== Collected data entries ==
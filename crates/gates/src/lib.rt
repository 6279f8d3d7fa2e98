// A gate's value, found in one place: "inputs gathered in one word; ones counted decide AND, OR, XOR and inverses".
// Stepping, running, the search for start values and the values of the original all come here.
// Internal: asks of the caller (`requires`) gates that keep the rules and signals that are in place.
#![tactic(auto)]

mod table;
mod truth;
mod values;

pub use table::IndexTable;
pub use truth::truths;
pub use values::{Gate, GateList, evaluate};
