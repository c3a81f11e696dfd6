// Failures to send a report: each doubles the interval, up to 32 times.

ghost use Rattle.std.specs.Prelude.{◌≡◌};
ghost use Rattle.refusals.specs.Answers.{told};
ghost use Rattle.sender.specs.Backoff.{backoff, multiplier, failure_of, failed_as, success_of, succeeded_as, multiplier_of};

use crate::SenderState;
use refusals::questions::Questions;
use refusals::ranges::counter_u32_ok;
use refusals::refusal::{Refusal, Refused};

// Failures in a row beyond these lengthen the interval no more.
const MAX_DOUBLINGS: u32 = 5;

// How many times longer the interval is after so many failures in a row: 2^failures, at most 32.
#[tactic(auto, unfolding(crate::specs::Backoff::backoff))]
pub fn backoff_of(failures: u32) -> u64
    ensures { result ≡ backoff failures }
{
    1 << failures.min(MAX_DOUBLINGS)
}

// The same as a float, exactly.
fn multiplier_of(failures: u32) -> f64
    ensures { result ≡ multiplier failures }
{
    std::num::nearest_u64_to_f64(backoff_of(failures))
}

impl SenderState {
    // One failure more: the answer is how many there are in a row.
    #[tactic(auto, unfolding(crate::specs::Backoff::failure_of, crate::specs::Backoff::failure_refusal, refusals::specs::Questions::first_no, refusals::specs::Questions::asked, refusals::specs::Answers::admitted, refusals::specs::Answers::settled_with))]
    pub fn record_send_failure(self) -> Result<(SenderState, u32), Refused<SenderState>>
        ensures { result ≡ failed_as (failure_of self) }
    {
        let mut q = Questions::all_yes();
        q.state = self.keeps_rule();
        q.counters = counter_u32_ok(self.consecutive_send_failures, 1);
        q.admit(self)?;
        let consecutive_send_failures = self.consecutive_send_failures + 1;
        let state = SenderState {
            consecutive_send_failures,
            ..self
        };
        Ok((state, consecutive_send_failures))
    }

    // No failure any more: the answer is how many there were in a row.
    #[tactic(auto, unfolding(crate::specs::Backoff::success_of, refusals::specs::Answers::admitted, refusals::specs::Answers::settled_with))]
    pub fn record_send_success(self) -> Result<(SenderState, u32), Refused<SenderState>>
        ensures { result ≡ succeeded_as (success_of self) }
    {
        self.admit()?;
        let state = SenderState {
            consecutive_send_failures: 0,
            ..self
        };
        Ok((state, self.consecutive_send_failures))
    }

    // By how much send failures multiply the interval.
    #[tactic(auto, unfolding(refusals::specs::Answers::answered, refusals::specs::Answers::answer))]
    pub fn send_failure_backoff_multiplier(self) -> Result<f64, Refusal>
        ensures { result ≡ told (multiplier_of self) }
    {
        self.ask()?;
        Ok(multiplier_of(self.consecutive_send_failures))
    }
}
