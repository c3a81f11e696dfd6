// Joined tests, which only speed a frame up: they answer yes to all the questions of an ordinary frame at once, since the compiler joins numbers that are bounded by one
// power of 2 and compares once. False proves nothing: then the questions are put one by one.

ghost use Rattle.std.specs.Prelude.{◌≡◌, true, [], ◌∷◌, ℕ};
ghost use Rattle.refusals.specs.Questions.{question, first_no};
ghost use Rattle.refusals.specs.Ranges.{clock_ok, optional_clock_ok, frame_size_ok, counter_ok};
ghost use Rattle.algorithms.specs.Owd as owds;
ghost use Rattle.gaps.specs.Gaps as gaps;
ghost use Rattle.samples.specs.Delay.{reference_ok};
ghost use Rattle.receiver.specs.State.{grace_ok, reorders_ok, keeps_the_rule};
ghost use Rattle.receiver.specs.Frames.{counters_ok};

use crate::ReceiverState;
use gaps::MAX_BURST_LEN;
use refusals::ranges::frame_size_ok;
use samples::delay::OwdBase;

// 139 years: a clock below it is near. No running clock has come that far.
const NEAR_CLOCK_MS: u64 = 1 << 42;

// Half of what a counter holds: a count below it is low.
const LOW_COUNT: u64 = 1 << 63;

// The clock of a reference that may be missing, in range where the reference is.
fn reference_ms(owd_ref: Option<OwdBase>) -> u64
    ensures { clock_ok result ≡ reference_ok owd_ref }
{
    owd_ref.map_or(0, |base| base.recv_ms)
}

impl ReceiverState {
    // No clock is far.
    fn clocks_near(self, now_ms: u64) -> bool
        ensures { result ≡ true → (optional_clock_ok self.last_recv_ms ≡ true)
            × (optional_clock_ok self.last_report_ms ≡ true)
            × (clock_ok self.report_interval_ms ≡ true)
            × (grace_ok self.rekey_jitter_grace_until_ms ≡ true)
            × (reference_ok self.owd_ref ≡ true)
            × (clock_ok now_ms ≡ true) }
    {
        (self.last_recv_ms.unwrap_or(0) < NEAR_CLOCK_MS)
            & (self.last_report_ms.unwrap_or(0) < NEAR_CLOCK_MS)
            & (self.report_interval_ms < NEAR_CLOCK_MS)
            & (self.rekey_jitter_grace_until_ms.unwrap_or(0) < NEAR_CLOCK_MS)
            & (reference_ms(self.owd_ref) < NEAR_CLOCK_MS)
            & (now_ms < NEAR_CLOCK_MS)
    }

    // The window keeps its rule, and the buffers are as long as it.
    #[tactic(auto, unfolding(algorithms::specs::Owd::keeps_the_rule))]
    fn window_lent(self, times: usize, delays: usize) -> bool
        ensures { result ≡ true → (owds.keeps_the_rule self.owd_trend ≡ true) × (owds.windows_ok self.owd_trend times delays ≡ true) }
    {
        (self.owd_trend.capacity == times)
            & (times == delays)
            & (limits::MIN_OWD_WINDOW_SIZE <= times)
            & (times <= limits::MAX_OWD_WINDOW_SIZE)
            & (self.owd_trend.count <= times)
            & (self.owd_trend.first < times)
    }

    // No burst is under way, and no count is near its end.
    fn counts_low(self, bytes: usize) -> bool
        ensures { result ≡ true → (gaps.keeps_the_rule self.gap_tracker ≡ true)
            × (reorders_ok self ≡ true)
            × (frame_size_ok bytes ≡ true)
            × (counter_ok 64 self.cumulative_packets_recv 1 ≡ true)
            × (counter_ok 64 self.cumulative_bytes_recv bytes ≡ true)
            × (counter_ok 32 self.gap_tracker.burst_count 1 ≡ true) }
    {
        let most = MAX_BURST_LEN * u64::from(self.gap_tracker.burst_count);
        !self.gap_tracker.in_burst
            & (self.gap_tracker.current_burst_len == 0)
            & (self.gap_tracker.total_burst_len <= most)
            & (self.gap_tracker.burst_count < u32::MAX)
            & (self.cumulative_reorder_count <= self.cumulative_packets_recv)
            & (self.cumulative_packets_recv < LOW_COUNT)
            & (self.cumulative_bytes_recv < LOW_COUNT)
            & frame_size_ok(bytes)
    }

    // Every question of a frame is answered yes; question 5, of its sample, always is.
    pub(crate) fn well_within(self, times: usize, delays: usize, bytes: usize, now_ms: u64) -> bool
        ensures { result ≡ true → (counter : ℕ) → first_no (
            question 1 (keeps_the_rule self)
            ∷ question 2 (clock_ok now_ms)
            ∷ question 3 (frame_size_ok bytes)
            ∷ question 4 (owds.windows_ok self.owd_trend times delays)
            ∷ question 10 (counters_ok self counter bytes)
            ∷ []
            ) ≡ 0 }
    {
        self.window_lent(times, delays)
            & self.counts_low(bytes)
            & self.jitter.keeps_rule()
            & self.clocks_near(now_ms)
    }
}
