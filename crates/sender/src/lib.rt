// sender.rs: what an end keeps of the frames that it sends to a peer, and when it reports them. Times come in as numbers.

#![tactic(auto)]

pub mod sent; // sent.rt: a frame is sent
pub mod reports; // reports.rt: a report is built
pub mod backoff; // backoff.rt: failures to send a report
pub mod pacing; // pacing.rt: the report interval, and when a report is due

ghost use Rattle.std.specs.Prelude.{◌≡◌};
ghost use Rattle.refusals.specs.Answers.{admitted, passed, settled, told};
ghost use Rattle.sender.specs.State.{keeps_the_rule, refusal_of, started_at, fresh, new_of, packets_of, bytes_of, interval_of, failures_of};

use pace::cold_start_refusal;
use refusals::questions::Questions;
use refusals::ranges::clock_ok;
use refusals::refusal::{Refusal, Refused};

// What an end keeps of the frames that it sends to one peer. Its fields are the C interface's: so there is a flag beside the last report's time, and one
// beside the interval, not an Option.
#[repr(C)]
#[derive(Clone, Copy)]
pub struct SenderState {
    // --- Cumulative (lifetime) ---
    pub cumulative_packets_sent: u64,
    pub cumulative_bytes_sent: u64,
    // --- Current interval ---
    pub interval_start_counter: u64,
    pub interval_start_timestamp: u32,
    pub interval_bytes_sent: u32,
    // Counter of the most recently sent frame.
    pub last_counter: u64,
    // Timestamp of the most recently sent frame.
    pub last_timestamp: u32,
    // Whether any frames have been sent in the current interval.
    pub interval_has_data: bool,
    // --- Report timing ---
    // Whether a report has been built, and when: any number where none has.
    pub has_last_report: bool,
    pub last_report_ms: u64,
    pub report_interval_ms: u64,
    // --- Send failure backoff ---
    pub consecutive_send_failures: u32,
    // --- Cold-start tracking ---
    // Number of SRTT-based interval updates received.
    pub srtt_sample_count: u32,
}

impl SenderState {
    pub fn new() -> SenderState
        ensures { result ≡ fresh }
    {
        SenderState::started(limits::DEFAULT_COLD_START_INTERVAL_MS)
    }

    // Nothing sent yet, with a first report interval.
    fn started(report_interval_ms: u64) -> SenderState
        ensures { result ≡ started_at report_interval_ms }
    {
        SenderState {
            cumulative_packets_sent: 0,
            cumulative_bytes_sent: 0,
            interval_start_counter: 0,
            interval_start_timestamp: 0,
            interval_bytes_sent: 0,
            last_counter: 0,
            last_timestamp: 0,
            interval_has_data: false,
            has_last_report: false,
            last_report_ms: 0,
            report_interval_ms,
            consecutive_send_failures: 0,
            srtt_sample_count: 0,
        }
    }

    // With a cold-start interval of the caller's.
    #[tactic(auto, unfolding(crate::specs::State::new_of, refusals::specs::Answers::settled, refusals::specs::Answers::answered))]
    pub fn new_with_cold_start(cold_start_ms: u64) -> Result<SenderState, Refused<SenderState>>
        ensures { result ≡ settled (new_of cold_start_ms) }
    {
        cold_start_refusal(cold_start_ms).map_err(|refusal| Refused {
            refusal,
            state: SenderState::new(),
        })?;
        Ok(SenderState::started(cold_start_ms))
    }

    #[tactic(auto, unfolding(crate::specs::State::keeps_the_rule))]
    pub fn keeps_rule(self) -> bool
        ensures { result ≡ keeps_the_rule self }
    {
        let last_report = !self.has_last_report | clock_ok(self.last_report_ms);
        last_report & clock_ok(self.report_interval_ms)
    }

    // Question 1 alone: ewma.rt says why each record has these lines.
    #[tactic(auto, unfolding(crate::specs::State::refusal_of, refusals::specs::Questions::first_no, refusals::specs::Questions::asked))]
    fn ask(self) -> Result<(), Refusal>
        ensures { result ≡ passed (refusal_of self) }
    {
        let mut q = Questions::all_yes();
        q.state = self.keeps_rule();
        q.first_no()
    }

    // The same of a call that moves the record.
    #[tactic(auto, unfolding(crate::specs::State::refusal_of, refusals::specs::Questions::first_no, refusals::specs::Questions::asked))]
    fn admit(self) -> Result<(), Refused<SenderState>>
        ensures { result ≡ admitted (refusal_of self) self }
    {
        let mut q = Questions::all_yes();
        q.state = self.keeps_rule();
        q.admit(self)
    }

    // --- Accessors ---

    #[tactic(auto, unfolding(refusals::specs::Answers::answered, refusals::specs::Answers::answer))]
    pub fn cumulative_packets_sent(self) -> Result<u64, Refusal>
        ensures { result ≡ told (packets_of self) }
    {
        self.ask()?;
        Ok(self.cumulative_packets_sent)
    }

    #[tactic(auto, unfolding(refusals::specs::Answers::answered, refusals::specs::Answers::answer))]
    pub fn cumulative_bytes_sent(self) -> Result<u64, Refusal>
        ensures { result ≡ told (bytes_of self) }
    {
        self.ask()?;
        Ok(self.cumulative_bytes_sent)
    }

    #[tactic(auto, unfolding(refusals::specs::Answers::answered, refusals::specs::Answers::answer))]
    pub fn report_interval_ms(self) -> Result<u64, Refusal>
        ensures { result ≡ told (interval_of self) }
    {
        self.ask()?;
        Ok(self.report_interval_ms)
    }

    #[tactic(auto, unfolding(refusals::specs::Answers::answered, refusals::specs::Answers::answer))]
    pub fn consecutive_send_failures(self) -> Result<u32, Refusal>
        ensures { result ≡ told (failures_of self) }
    {
        self.ask()?;
        Ok(self.consecutive_send_failures)
    }
}

impl Default for SenderState {
    ghost is_default = { λ x. x ≡ fresh };

    fn default() -> SenderState {
        SenderState::new()
    }
}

== Task description ==
Transcribe only, please, the lines from the first line of the records through the line with "all come here.". Both of those lines are included.

== Answer for the task ==
filename crates/gates/src/lib.rt
repository 6279f8d3d7fa2e98
// A gate's value, found in one place: "inputs gathered in one word; ones counted decide AND, OR, XOR and inverses".
// Stepping, running, the search for start values and the values of the original all come here.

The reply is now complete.